Ну как же: безропотная рабочая скотина, не помнящая ни рода-племени, ни имени, ни своих родителей. Бессловесная тварь абсолютно покорная и безопасная, не помышляющая о бунте или бегстве. Только еда, сон и работа. Максимум пользы при минимуме затрат. Мой рот невольно скривился в презрительной усмешке.
Не представляю, как она была истолкована, но вопросы не заставили себя ждать.
— Нирта, вам неприятна наша беседа, — откликнулся первым Эпшир.
— Да нет, — поморщилась я, — просто слышала когда-то одну печальную историю. Не знаю, про этих ли щохков или нет?

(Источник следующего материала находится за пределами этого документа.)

//! Rows that move with their keys: all partitions together are one map.
//!
//! A partition keeps a row under each key, and runs a command on a row only if it holds the key.
//! A chunk brings the rows of its keys along. [`laws::one_map`] says of every run, for all rows
//! and commands: all partitions together are one map. Each command that was answered read and
//! changed that map, in the order in which commands were answered, and nothing was lost by a move.
//! So it is through any number of reconfigurations, with reports and chunks lost, repeated and
//! late, and with partitions that restart from their logs. Whoever sees the answers alone can't
//! distinguish the partitions from one map on one machine.
//!
//! The other laws say that rows forbid no step ([`laws::rows_follow`]), and which rows of a chunk a
//! host puts in place, and when ([`laws::new_is_held_nowhere`], [`laws::chunks_load_whole`]).
//! `docs/ROWS.md` has the theorem with its definitions.
#![tactic(auto)]

pub mod laws;

pub use laws::one_map;
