// The search program of document 01, run on the vault of vault_search_most with one occurrence more.
#![tactic(auto)]

use std::io;

fn main(rt: HostRuntime) -> io::Result<()> {
    let mut out = program::room();
    let n = program::run(&rt, &mut out);
    program::print(&rt, &out[..n])
}
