ghost use Rattle.std.specs.Prelude.{◌≡◌, ◌⊎◌, ◌∷◌, [], None, Some, true, false, length, IfOk, IfSome, OnErr, OnOk};
ghost use Rattle.qh_base.specs.declared.time.Moment.{Moment as AMoment};
ghost use Rattle.qh_conn.specs.Incoming.{IsOver};
ghost use Rattle.qh_conn.specs.Items.{IsLogEnded, LogGoesOn};
ghost use Rattle.qh_conn.specs.Outgoing.{IsControlHeld, IsDataTransmitted, IsInitialClose, IsSilent, IsStill, IsTransmitted, TakesTurns, handed_on, made_acts};
ghost use Rattle.qh_conn.specs.Same.{IsSameConnection};
ghost use Rattle.qh_conn.specs.Unread.{EndsUnsent, HasFailed, IsDataUnsent, IsOverOf, IsUnsent};
ghost use Rattle.qh_conn.specs.Whole.{CarriesOnBy, IsSafe, IsWhole};
ghost use Rattle.qh_conn.specs.declared.connection.Connection.{Connection as AConnection};
ghost use Rattle.qh_core.specs.Inner.{IsFailedBy, is_open};
ghost use Rattle.qh_core.specs.Sending.{BearsNoControl, IsDatagramMade as IsCoreMade, IsSilent as IsCoreSilent, is_close_due};
ghost use Rattle.qh_handshake.specs.Outgoing.{IsCloseKept, IsCloseUnsent, IsSilent as IsSilentHandshake, IsUnsent as IsInitialUnsent};
ghost use Rattle.qh_packet.specs.Session.{MakesTags, NamesTags};

use crate::connection::count;
use crate::{Connection, ConnectionItem};
use qh_base::{ConnectionClose, Memory, Moment, Reason, Transmit, TransportErrorCode};
use qh_conduct::behaves_on;
use qh_converse::sends;
use qh_core::Close;
use qh_packet::Session;
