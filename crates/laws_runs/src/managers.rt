//! The laws of managers with their stores, each stated as the contract of an empty function.
ghost use Rattle.std.specs.Prelude.{◌≡◌, ℕ, List, length};
ghost use Rattle.std.specs.FinMap.{get};
ghost use Rattle.shore_types.specs.declared.ids.Rid.{Rid};
ghost use Rattle.shore_types.specs.declared.layout.Geometry.{Geometry};
ghost use Rattle.shore_model.specs.declared.histories.Opening.{Opening};
ghost use Rattle.shore_model.specs.Lives.{IsLife};
ghost use Rattle.shore_model.specs.Logs.{Lawful};
ghost use Rattle.laws_lives.specs.Doubts.{IsOpeningOf};
ghost use Rattle.laws_lives.specs.Recovery.{IsRecoverable, RecoveryEvent, RecoveryState};
ghost use Rattle.laws_lives.specs.Stretches.{MayBeFound, opening_after};
ghost use Rattle.laws_calls.specs.Events.{IsStateAfter, ManagerEvent, EventMoves};
ghost use Rattle.laws_calls.specs.States.{State};
ghost use Rattle.laws_runs.specs.StoredRuns.{AreFixed, AreStoredRuns, IsStored, IsStoredRun, Manage, RunsShow, StoredRun, StoredState, StoredSteps, lists_found, spans_of_runs};

/// A manager that opens over a restart is in a state after its calls, as one is that opens over a log alone: its history is sound, and whatever
/// the laws of calls say holds of it. Its log is lawful, its store recoverable, and the pages have the records in place.
pub fn managers_work_over_their_stores()
    ensures state { (g : Geometry) (o : Opening) (s : RecoveryState) (r : StoredRun) → MayBeFound s → IsOpeningOf s.log o → IsStoredRun g o s r → IsStateAfter o s.log r.made r.last.state }
    ensures lawful { (g : Geometry) (o : Opening) (s : RecoveryState) (r : StoredRun) → MayBeFound s → IsOpeningOf s.log o → IsStoredRun g o s r → Lawful r.last.store.log }
    ensures recoverable { (g : Geometry) (o : Opening) (s : RecoveryState) (r : StoredRun) → MayBeFound s → IsOpeningOf s.log o → IsStoredRun g o s r → IsRecoverable r.last.store }
    ensures pages { (g : Geometry) (o : Opening) (s : RecoveryState) (r : StoredRun) (id : Rid) → MayBeFound s → IsOpeningOf s.log o → IsStoredRun g o s r →
        (r.last.store.in_place id.page).slots id.slot ≡ get r.last.state.sessions.records id }
{}

/// Any number of managers one after another, each over what the crash before it left, are a life: each history is sound, each crash keeps what
/// was acknowledged, and the kept decisions make the next opening, which each open shows. What the last crash leaves may be found again, and opens as the
/// kept decisions say. The log that a restart has found is a prefix of what every later one finds. Pages are written back whenever the write-ahead rule lets them be, with undecided changes in them, and power may be
/// lost in a restart as well.
pub fn committed_work_survives_stolen_pages()
    ensures life { (g : Geometry) (o : Opening) (s : RecoveryState) (runs : List StoredRun) (last : RecoveryState) → MayBeFound s → IsOpeningOf s.log o → AreStoredRuns g o s runs last →
        IsLife o (spans_of_runs s runs) (opening_after o (spans_of_runs s runs)) }
    ensures shown { (g : Geometry) (o : Opening) (s : RecoveryState) (runs : List StoredRun) (last : RecoveryState) → MayBeFound s → IsOpeningOf s.log o → AreStoredRuns g o s runs last →
        RunsShow o s runs }
    ensures fixed { (g : Geometry) (o : Opening) (s : RecoveryState) (runs : List StoredRun) (last : RecoveryState) → MayBeFound s → IsOpeningOf s.log o → AreStoredRuns g o s runs last →
        AreFixed (lists_found s runs) last.log }
    ensures left { (g : Geometry) (o : Opening) (s : RecoveryState) (runs : List StoredRun) (last : RecoveryState) → MayBeFound s → IsOpeningOf s.log o → AreStoredRuns g o s runs last →
        MayBeFound last × IsOpeningOf last.log (opening_after o (spans_of_runs s runs)) }
{}

/// Nothing that calls may do is lost by the join: whatever event a manager may make, some work of its store goes with it, after which each record
/// of the log is done on its page again.
pub fn events_can_be_stored()
    ensures { (g : Geometry) (m : StoredState) (e : ManagerEvent) (new : State) → IsStored m.state m.store → m.store.redone ≡ length m.store.log →
        EventMoves g m.state e new → (works : List RecoveryEvent) × (store : RecoveryState)
        × StoredSteps g m (Manage e works) (record { state = new; store = store }) × (store.redone ≡ length store.log) }
{}
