//! Managers over plain data, whole: calls above, the log and pages that are written back at any time below, restarts between, and what survives every
//! crash; which logs a restart takes, since pages and log have room for what each prefix says and for its undo; and stays of the power, one behind the
//! other, in which restarts lose power too. No code runs here.
#![tactic(auto)]

pub mod bounds;
pub mod checkpoints;
pub mod managers;
pub mod stays;
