//! The laws of managers with checkpoints, each stated as the contract of an empty function.
ghost use Rattle.std.specs.Prelude.{◌≡◌, ◌+◌, ◌++◌, ◌≤◌, ◌<◌, ◌↔◌, ℕ, IsTrue, List, [], Some, drop, false, length, take};
ghost use Rattle.std.specs.List.{AllByRecursion};
ghost use Rattle.shore_types.specs.declared.faults.Fault.TheVariants as fault;
ghost use Rattle.shore_types.specs.declared.layout.Geometry.{Geometry};
ghost use Rattle.shore_types.specs.declared.layout.TheConstants.{GREATEST_CHECKPOINT, LAST_LSN, LONGEST_FRAME, MAX_LOG_BYTES};
ghost use Rattle.shore_types.specs.Versions.{slot_limit};
ghost use Rattle.shore_model.specs.declared.calls.Answer.{Answer};
ghost use Rattle.shore_model.specs.declared.calls.Answer.TheVariants as calls;
ghost use Rattle.shore_model.specs.declared.calls.Answer.TheVariants.{Begun, Ended, Moved};
ghost use Rattle.shore_model.specs.declared.histories.Entry.{Entry};
ghost use Rattle.shore_model.specs.declared.histories.Opening.{Opening};
ghost use Rattle.shore_model.specs.declared.log_records.LogRecord.{LogRecord};
ghost use Rattle.shore_model.specs.declared.log_records.Payload.TheVariants as payload;
ghost use Rattle.shore_model.specs.declared.step.Step.{Step};
ghost use Rattle.shore_model.specs.declared.step.Step.TheVariants.{Done, Nothing, Refused};
ghost use Rattle.shore_model.specs.Lives.{IsLife};
ghost use Rattle.shore_logrec.specs.Text.{CheckpointFits};
ghost use Rattle.laws_lives.specs.Doubts.{IsOpeningOf};
ghost use Rattle.laws_lives.specs.Pages.{LoggedPages, empty_page};
ghost use Rattle.laws_lives.specs.Recovery.{RecoveryEvent, RecoveryState};
ghost use Rattle.laws_lives.specs.Restarts.{RestartsTo};
ghost use Rattle.laws_lives.specs.Stretches.{opening_after};
ghost use Rattle.laws_lives.specs.Undo.{HasNoLosers};
ghost use Rattle.laws_calls.specs.StateChanges.{with_failure};
ghost use Rattle.laws_calls.specs.States.{HasRoomFor, State, cost_of_log, log_room, next_number};
ghost use Rattle.laws_calls.specs.WorkedRun.{opened_empty};
ghost use Rattle.laws_checkpoints.specs.Checkpoints.{Anchored, Checkpoint, cut_of, cut_point, end_among, end_payload, not_anchored, of_checkpoint};
ghost use Rattle.laws_checkpoints.specs.CheckpointedStores.{AnchorLogged, BeginLogged, CheckpointedStore, EndLogged, NoCheckpoint, formatted_store};
ghost use Rattle.laws_checkpoints.specs.KeptLogs.{KeepsNoLosers};
ghost use Rattle.laws_checkpoints.specs.KeptRestarts.{KeptLeadTo, KeptStore, seen_behind};
ghost use Rattle.laws_checkpoints.specs.RingRooms.{checkpoint_cost};
ghost use Rattle.laws_checkpoints.specs.StoresInOrder.{IsInOrder, IsLeftByCrash};
ghost use Rattle.laws_runs.specs.CheckpointSteps.{CheckpointMoves, CheckpointedMove, CheckpointedMoves, CheckpointedState, CheckpointedSteps, IsAdmitted, IsCheckpointNow, IsNextAnchor, awaited, entries_of_move, freed_to, log_limit, moved_to, noted, owed_to};
ghost use Rattle.laws_runs.specs.CheckpointedStates.{IsAtCheckpoints, IsOpenedBehind, MayBeAnchored, MayBeOpenedBehind, found_behind};
ghost use Rattle.laws_runs.specs.CheckpointedStays.{AreCheckpointedStays, CheckpointedStay, LosesNoPower, RestartsBehind, StaysShow, logs_found, spans_of_stays};
ghost use Rattle.laws_runs.specs.SoundStores.{IsLost};
ghost use Rattle.laws_runs.specs.WorkedCheckpoints.{two_checkpoints};
ghost use Rattle.laws_runs.specs.StoredRuns.{AreFixed, IsOpenedOver};
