/// The state that an open makes of a roomy log has room on its pages and in its log, also for the rollback of those in doubt, and its records lie in the
/// geometry. Whatever a later crash leaves of it is roomy if no loser is left, as when the restart has come through. The open over a restart makes such a state
/// with the slots that the log gave the pages, if its next number is the one that analysis of the found log gives and its lock table is in bounds.
pub fn opens_have_room()
    ensures roomy { (g : Geometry) (stream_bytes : ℕ) (log : List LogRecord) (s : State) → IsRoomyLog g stream_bytes log → Lawful log → IsOpenedFrom g stream_bytes log s →
        IsRoomyState g.version s }
    ensures inside { (g : Geometry) (stream_bytes : ℕ) (log : List LogRecord) (s : State) → IsRoomyLog g stream_bytes log → IsOpenedFrom g stream_bytes log s →
        AreRecords g s.sessions.records }
    ensures leaves { (g : Geometry) (stream_bytes : ℕ) (log : List LogRecord) (s : State) → AreRoomy g stream_bytes s.durable log → Lawful log → HasNoLosers log →
        IsOpenedFrom g stream_bytes log s → LeavesRoomyLogs g stream_bytes s }
    ensures over { (g : Geometry) (stream_bytes : ℕ) (o : Opening) (found : List LogRecord) (ready : RecoveryState) (s : State) → IsRecoverable ready → ready.redone ≡ length ready.log →
        IsRestartOf found ready → IsOpeningOf found o → IsOpenedOver o ready s → s.stream_bytes ≡ stream_bytes → ((p : PageId) → s.counts p ≡ slot_count ready.log p) →
        IsNext found s.sessions.next_txn → HasLocksInBounds g s → o.slots ≡ slot_limit g.version → IsOpenedFrom g stream_bytes ready.log s }
{}

/// Analysis refuses no record of a lawful log that may be left, whatever of its front may be cut off, and whichever checkpoint is anchored whose begin is kept.
pub fn roomy_logs_are_meant()
    ensures whole { (g : Geometry) (stream_bytes least : ℕ) (log : List LogRecord) → AreRoomy g stream_bytes least log → Lawful log → AreMeantKept g 0 log }
    ensures kept { (g : Geometry) (stream_bytes least : ℕ) (log : List LogRecord) (volume : LoggedPages) (cut : ℕ) → AreRoomy g stream_bytes least log → Lawful log →
        MayBeCut log volume cut → AreMeantKept g cut (drop cut log) }
    ensures anchored { (g : Geometry) (stream_bytes least : ℕ) (log : List LogRecord) (volume : LoggedPages) (cut checkpoint : ℕ) → AreRoomy g stream_bytes least log → Lawful log →
        MayBeCut log volume cut → (checkpoint ≡ 0) ⊎ (cut < checkpoint) → AreMeantAnchored g cut checkpoint (drop cut log) }
{}

/// The conditions can be met: over an empty volume and an empty log, a transaction inserts a record and commits, and each prefix of the log
/// is roomy, also that which has the insert alone.
pub fn one_insert_leaves_roomy_logs()
    ensures { (g : Geometry) (stream_bytes : ℕ) (bytes : List ℕ) → HasStore g 0 → HasPage g first_page → LocksInLimits g → length bytes ≤ record_limit g.version →
        96000 + record_limit g.version ≤ stream_bytes → stream_bytes ≤ MAX_LOG_BYTES →
        (last : State) × (made : List Entry) × MovesMaking g (opened_empty (slot_limit g.version) stream_bytes) (one_insert bytes) last made
        × (get last.sessions.records first_id ≡ Some bytes) × (last.log ≡ committed bytes) × AreRoomy g stream_bytes 0 last.log }
{}

/// Logs that a restart could not undo are not roomy: one whose stream has room for its record, and none for the undo; and one that leaves a page
/// with room for what stands on it, and with none for that and what an undo brings back.
pub fn logs_without_room_are_not_roomy()
    ensures stream { (g : Geometry) (stream_bytes t : ℕ) (log : List LogRecord) → IsLoser log t →
        stream_bytes < cost_of_log log + cost_of (undo_record log t).payload + LONGEST_FRAME → IsRoomyLog g stream_bytes log → ⊥ }
    ensures inserted { (g : Geometry) (bytes : List ℕ) → IsRoomyLog g (cost_of_log (inserted bytes) + LONGEST_FRAME) (inserted bytes) → ⊥ }
    ensures standing { (v : Version) (old new other : List ℕ) → length new ≤ record_limit v → length other ≤ record_limit v →
        3 * SLOT_ENTRY_BYTES + length new + length other ≤ page_room v → HasRoom v (slots_left (room_taken old new other) first_page) }
    ensures room_taken { (g : Geometry) (stream_bytes : ℕ) (old new other : List ℕ) →
        page_room g.version < 3 * SLOT_ENTRY_BYTES + length old + length new + length other → IsRoomyLog g stream_bytes (room_taken old new other) → ⊥ }
{}

/// What an End of a roomy log lists lies in bounds, if it lists pages with records from before its begin, as each does that a manager logs: its next number is
/// one that an open may go on from, and its pages lie in the geometry.
pub fn ends_of_roomy_logs_are_in_bounds()
    ensures { (g : Geometry) (stream_bytes least : ℕ) (log : List LogRecord) (n : ℕ) (r : LogRecord) (begin next : ℕ) (txns : List LogTxn) (dirty : List DirtyPage) →
        AreRoomy g stream_bytes least log → EndsListChanges log → slice_get log n ≡ Some r → r.payload ≡ CheckpointEnd begin next txns dirty →
        (next ≤ LAST_TXN) × AllByRecursion (IsPageListed g begin) dirty }
{}
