//! The laws of stays of the power, each stated as the contract of an empty function.
ghost use Rattle.std.specs.Prelude.{◌≡◌, ◌+◌, ◌≤◌, ◌++◌, ◌∷◌, ℕ, List, [], None, Some, length, take};
ghost use Rattle.std.specs.FinMap.{empty, get};
ghost use Rattle.shore_types.specs.Layout.{HasPage, HasStore, LocksInLimits};
ghost use Rattle.shore_types.specs.declared.ids.Rid.{Rid};
ghost use Rattle.shore_types.specs.declared.layout.Geometry.{Geometry};
ghost use Rattle.shore_types.specs.declared.layout.TheConstants.{LONGEST_FRAME, MAX_LOG_BYTES};
ghost use Rattle.shore_model.specs.declared.histories.Entry.{Entry};
ghost use Rattle.shore_model.specs.declared.histories.Opening.{Opening};
ghost use Rattle.shore_model.specs.declared.log_records.LogRecord.{LogRecord};
ghost use Rattle.shore_model.specs.Lives.{IsLife};
ghost use Rattle.shore_model.specs.Records.{AreRecords};
ghost use Rattle.laws_lives.specs.Doubts.{IsOpeningOf};
ghost use Rattle.laws_lives.specs.Pages.{LoggedPages, empty_page};
ghost use Rattle.laws_lives.specs.Recovery.{MayCrash, RecoveryEvent, RecoveryState, after_crash};
ghost use Rattle.laws_lives.specs.Restarts.{RestartsTo};
ghost use Rattle.laws_lives.specs.Undo.{HasNoLosers};
ghost use Rattle.laws_lives.specs.Soundness.{opening_with};
ghost use Rattle.laws_lives.specs.Stretches.{MayBeFound, opening_after};
ghost use Rattle.laws_calls.specs.CallHistories.{IsRoomyState};
ghost use Rattle.laws_calls.specs.States.{State, cost_of_log};
ghost use Rattle.laws_calls.specs.WorkedRun.{first_page};
ghost use Rattle.laws_runs.specs.StoredRuns.{AreFixed, AreStoredRuns, IsOpenedOver, RunsShow, StoredEvent, StoredMoves, StoredRun, StoredState, StoredSteps, entries_made, lists_found, spans_of_runs};
ghost use Rattle.laws_runs.specs.RoomyLogs.{AreRoomy, IsRoomyLog};
ghost use Rattle.laws_runs.specs.RoomyStates.{IsOpenedFrom};
ghost use Rattle.laws_runs.specs.SoundStores.{IsLost, IsSoundStore, IsUnderWay, MayBeOpened, found_state, managed};
ghost use Rattle.laws_runs.specs.WorkedLogs.{committed, inserted, taken_back};
ghost use Rattle.laws_runs.specs.Stays.{AreStoredStays, StoredStay, Up, runs_of};
ghost use Rattle.shore_types.specs.Versions.{record_limit, slot_limit};

/// What a format leaves may be opened: no record, and empty pages.
pub fn formats_may_be_opened()
    ensures { (g : Geometry) (stream_bytes : ℕ) → LONGEST_FRAME ≤ stream_bytes → stream_bytes ≤ MAX_LOG_BYTES → MayBeOpened g stream_bytes [] (λ p. empty_page) }
{}

/// A log in bounds may be opened, though an earlier prefix of it left no room for its undo: a Commit gives away what was reserved before it. Here a
/// record was inserted and committed, and the stream has room for both records and the longest frame, and for nothing besides.
pub fn logs_in_bounds_may_be_opened()
    ensures opened { (g : Geometry) (bytes : List ℕ) → HasStore g 0 → HasPage g first_page → LocksInLimits g → length bytes ≤ record_limit g.version →
        MayBeOpened g (cost_of_log (committed bytes) + LONGEST_FRAME) (committed bytes) (λ p. empty_page) }
    ensures before { (g : Geometry) (bytes : List ℕ) → IsRoomyLog g (cost_of_log (committed bytes) + LONGEST_FRAME) (take 1 (committed bytes)) → ⊥ }
{}

/// A restart begins with a sound store, and each step of it leaves one, also a loss of power. Whatever a loss of power leaves of a sound store may be
/// opened, and is the store that the next restart finds: redo may begin with the first record.
pub fn crashes_leave_what_may_be_opened()
    ensures begins { (g : Geometry) (stream_bytes : ℕ) (rs : List LogRecord) (pages : LoggedPages) → MayBeOpened g stream_bytes rs pages →
        IsSoundStore g stream_bytes (found_state rs pages) × MayBeFound (found_state rs pages) }
    ensures restarts { (g : Geometry) (stream_bytes : ℕ) (s last : RecoveryState) (works : List RecoveryEvent) → IsSoundStore g stream_bytes s →
        RestartsTo s works last → IsSoundStore g stream_bytes last }
    ensures left { (g : Geometry) (stream_bytes : ℕ) (s : RecoveryState) (n : ℕ) (pages : LoggedPages) → IsSoundStore g stream_bytes s → IsLost s n pages →
        MayBeOpened g stream_bytes (take n s.log) pages }
    ensures crash { (g : Geometry) (stream_bytes : ℕ) (s : RecoveryState) (n : ℕ) (pages : LoggedPages) → IsSoundStore g stream_bytes s → IsLost s n pages →
        MayCrash s n pages 0 × (found_state (take n s.log) pages ≡ after_crash s n pages 0) }
{}

/// A manager that opens over a restart is under way, and stays so with each event. Then pages and log have room, its records lie in the geometry, and
/// its store is sound.
pub fn managers_stay_under_way()
    ensures opens { (g : Geometry) (stream_bytes : ℕ) (o : Opening) (s ready : RecoveryState) (works : List RecoveryEvent) (first : State) → MayBeFound s →
        IsOpeningOf s.log o → AreRoomy g stream_bytes s.durable s.log → RestartsTo s works ready → ready.redone ≡ length ready.log → HasNoLosers ready.log → IsOpenedOver o ready first →
        IsOpenedFrom g stream_bytes ready.log first → IsUnderWay g stream_bytes o s.log [] (record { state = first; store = ready }) }
    ensures each { (g : Geometry) (stream_bytes : ℕ) (o : Opening) (found : List LogRecord) (es : List Entry) (m new : StoredState) (e : StoredEvent) →
        IsUnderWay g stream_bytes o found es m → StoredSteps g m e new → IsUnderWay g stream_bytes o found (es ++ entries_made m e new) new }
    ensures moves { (g : Geometry) (stream_bytes : ℕ) (o : Opening) (found : List LogRecord) (es : List Entry) (m last : StoredState) (events : List StoredEvent) (made : List Entry) →
        IsUnderWay g stream_bytes o found es m → StoredMoves g m events last made → IsUnderWay g stream_bytes o found (es ++ made) last }
    ensures safe { (g : Geometry) (stream_bytes : ℕ) (o : Opening) (found : List LogRecord) (es : List Entry) (m : StoredState) → IsUnderWay g stream_bytes o found es m →
        IsRoomyState g.version m.state × AreRecords g m.state.sessions.records }
    ensures sound { (g : Geometry) (stream_bytes : ℕ) (o : Opening) (found : List LogRecord) (es : List Entry) (m : StoredState) → IsUnderWay g stream_bytes o found es m →
        IsSoundStore g stream_bytes m.store }
{}

/// Events join: those of a manager with its store, and of them those of the manager; and so do steps of a restart.
pub fn events_join()
    ensures moves { (g : Geometry) (m mid last : StoredState) (events later : List StoredEvent) (made more : List Entry) → StoredMoves g m events mid made →
        StoredMoves g mid later last more → StoredMoves g m (events ++ later) last (made ++ more) }
    ensures managed { (events later : List StoredEvent) → managed (events ++ later) ≡ managed events ++ managed later }
    ensures restarts { (s mid last : RecoveryState) (works later : List RecoveryEvent) → RestartsTo s works mid → RestartsTo mid later last →
        RestartsTo s (works ++ later) last }
{}

/// Any number of stays of the power, opens that lose power among them, from a log and pages that may be opened: what is left may be opened, and opens as
/// the kept decisions say. The stays
/// are runs of managers, and then restarts that lost power. They are a life: each history is sound, each crash keeps what was
/// acknowledged, and the kept decisions make the records of the next opening, which each open shows. The log that a restart has found is a prefix of
/// what every later one finds.
pub fn committed_work_survives_every_stay()
    ensures left { (g : Geometry) (stream_bytes : ℕ) (o : Opening) (rs last : List LogRecord) (pages last_pages : LoggedPages) (stays : List StoredStay) →
        MayBeOpened g stream_bytes rs pages → IsOpeningOf rs o → AreStoredStays g stream_bytes o rs pages stays last last_pages → MayBeOpened g stream_bytes last last_pages
        × IsOpeningOf last (opening_after o (spans_of_runs (found_state rs pages) (runs_of [] stays))) }
    ensures runs { (g : Geometry) (stream_bytes : ℕ) (o : Opening) (rs last : List LogRecord) (pages last_pages : LoggedPages) (stays : List StoredStay) →
        MayBeOpened g stream_bytes rs pages → IsOpeningOf rs o → AreStoredStays g stream_bytes o rs pages stays last last_pages →
        (end : RecoveryState) × AreStoredRuns g o (found_state rs pages) (runs_of [] stays) end
        × ((works : List RecoveryEvent) × RestartsTo end works (found_state last last_pages)) }
    ensures life { (g : Geometry) (stream_bytes : ℕ) (o : Opening) (rs last : List LogRecord) (pages last_pages : LoggedPages) (stays : List StoredStay) →
        MayBeOpened g stream_bytes rs pages → IsOpeningOf rs o → AreStoredStays g stream_bytes o rs pages stays last last_pages →
        IsLife o (spans_of_runs (found_state rs pages) (runs_of [] stays)) (opening_after o (spans_of_runs (found_state rs pages) (runs_of [] stays))) }
    ensures shown { (g : Geometry) (stream_bytes : ℕ) (o : Opening) (rs last : List LogRecord) (pages last_pages : LoggedPages) (stays : List StoredStay) →
        MayBeOpened g stream_bytes rs pages → IsOpeningOf rs o → AreStoredStays g stream_bytes o rs pages stays last last_pages →
        RunsShow o (found_state rs pages) (runs_of [] stays) }
    ensures fixed { (g : Geometry) (stream_bytes : ℕ) (o : Opening) (rs last : List LogRecord) (pages last_pages : LoggedPages) (stays : List StoredStay) →
        MayBeOpened g stream_bytes rs pages → IsOpeningOf rs o → AreStoredStays g stream_bytes o rs pages stays last last_pages → AreFixed (lists_found (found_state rs pages) (runs_of [] stays)) last }
{}

/// Stays can be such: over an empty store a manager inserts a record and is not asked to commit, the log is forced, its page is written back, and the
/// power is lost with the record on the volume. The next restart takes it back by records of its own, and the manager behind it shows no record.
pub fn flushed_losers_are_undone()
    ensures { (g : Geometry) (stream_bytes : ℕ) (bytes : List ℕ) → HasStore g 0 → HasPage g first_page → LocksInLimits g → length bytes ≤ record_limit g.version →
        96000 + record_limit g.version ≤ stream_bytes → stream_bytes ≤ MAX_LOG_BYTES →
        (stolen : StoredRun) × (opened : StoredRun) × (pages : LoggedPages)
        × AreStoredStays g stream_bytes (opening_with (slot_limit g.version) empty) [] (λ p. empty_page) (Up stolen ∷ Up opened ∷ []) (taken_back bytes) pages
        × (take stolen.survive stolen.last.store.log ≡ inserted bytes) × ((stolen.pages first_page).slots 0 ≡ Some bytes)
        × ((id : Rid) → get opened.first.sessions.records id ≡ None) }
{}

И тут же рассказала про мать, которая долго искала единственного сына, а когда нашла, тот оказался манкуртом. Материнская любовь оказалась бессильна, а позабывший всё на свете щохк убил по приказу хозяина ту, что подарила ему жизнь, произведя на свет. По-моему, так и заканчивалась повесть Айтматова.
Когда я умолкла, вокруг воцарилась мёртвая тишина. Все молча смотрели на меня, даже невозмутимый эльфийский владыка приоткрыл рот. Пара минут, и все заговорили разом. Каждый хотел поделиться своим мнением и тем, что когда-то видел, или слышал. Женщины пытались перекричать друг друга, даже Ворхем и Фергюс не утерпели, что-то пытаясь объяснить, хотя до этого сидели молча, не проронив ни слова. Эпшир что-то упорно у меня выспрашивал, хотя в общем гаме разобрать его слова было невозможно. Лишь мы с Эрвендилтоллионом, да вытаращивший глаза Чаакрамендран, ошарашено вертящий головой из стороны в сторону, с одного на другого из спорщиков, не проронили ни слова.
— Тихо! — гаркнул пришедший в себя лаэрииллиэн, которому надоел этот бардак.
— Нирта Олиенн, — добавил он через минуту, кода вновь установились тишина и порядок, — не просветите нас, откуда вы набрались таких обширных познаний о столь далёких краях?
Я невольно покосилась на священника.
— Неужели эту историю вам рассказал патер Фергюс? — не унимался эльф.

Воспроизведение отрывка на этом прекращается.